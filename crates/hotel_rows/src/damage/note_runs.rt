//! The counts of each room's notes.
ghost use Rattle.std.specs.Prelude.{◌≡◌, ℕ, List, ◌∷◌, ◌==◌, if◌then◌else◌, IfOk, OnOk, Some};
ghost use Rattle.std.specs.List.{list_all};
ghost use Rattle.hotel_model.specs.Rows.{at_number};
ghost use Rattle.hotel_rows.specs.Stored.{number_of};
ghost use Rattle.hotel_rows.specs.NoteRuns.{note_run_of, NoteRunsOf, counted_as_due};

use crate::damage::numbers::number;
use crate::stored::{PlainNote, PlainRoom, Stored};
use keycard_rules::Memory;
use std::alloc::Global;
use std::collections::BTreeMap;

/// Of some counts the first and the last, and whether they count up.
#[derive(Clone, Copy)]
pub(crate) struct NoteRun {
    first: u64,
    last: u64,
    counted: bool,
}

fn run_at(runs: &BTreeMap<u64, NoteRun>, room: u64) -> Option<NoteRun>
    ensures { result ≡ at_number runs.now.entries room }
{
    runs.get(&room).copied()
}

/// The same with a count before them.
fn with_first(run: Option<NoteRun>, n: u64) -> NoteRun
    ensures { (ns : List ℕ) → run ≡ note_run_of ns → Some result ≡ note_run_of (n ∷ ns) }
{
    let Some(run) = run else {
        return NoteRun {
            first: n,
            last: n,
            counted: true,
        };
    };
    NoteRun {
        first: n,
        last: run.last,
        counted: run.counted && n < run.first && run.first - n == 1,
    }
}

fn add_note(runs: &mut BTreeMap<u64, NoteRun>, note: &PlainNote) -> Result<(), Memory>
    ensures { OnOk result ((r : ℕ) (ns : List ℕ) → at_number runs.old.entries (number_of note.now.room) ≡ note_run_of ns
        → at_number runs.new.entries r
        ≡ (if r == number_of note.now.room then note_run_of (number_of note.now.n ∷ ns)
        else at_number runs.old.entries r)) }
{
    let room = number(note.room);
    let count = number(note.n);
    let run = with_first(run_at(runs, room), count);
    let Ok(_) = runs.insert(room, run) else {
        return Err(Memory);
    };
    Ok(())
}

/// The counts of each room's notes.
pub(crate) fn runs_of(alloc: Global, notes: &[PlainNote]) -> Result<BTreeMap<u64, NoteRun>, Memory>
    ensures { IfOk result (λ runs. NoteRunsOf runs.entries notes.now) }
{
    let mut runs = BTreeMap::new(alloc);
    let len = notes.len();
    for k in 0..len {
        add_note(&mut runs, &notes[len - 1 - k])?;
    }
    Ok(runs)
}

fn has_counts(runs: &BTreeMap<u64, NoteRun>, room: &PlainRoom) -> bool
    ensures { result ≡ counted_as_due runs.now.entries room.now }
{
    let notes = number(room.notes);
    let Some(run) = runs.get(&number(room.room)) else {
        return notes == 0;
    };
    run.counted && run.first == 1 && run.last == notes
}

/// Whether the counts of each room's notes are 1 and on, as many as its row says.
pub(crate) fn rooms_have_counts(runs: &BTreeMap<u64, NoteRun>, stored: &Stored) -> bool
    ensures { result ≡ list_all (counted_as_due runs.now.entries) stored.now.room.items }
{
    for i in 0..stored.room.len() {
        if !has_counts(runs, &stored.room[i]) {
            return false;
        }
    }
    true
}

▸ **TASK ITEM**:
Across all of the records above, how many lines include the string "entries"? Answer with one number only.

▸ **EXERCISE OUTPUT**:
7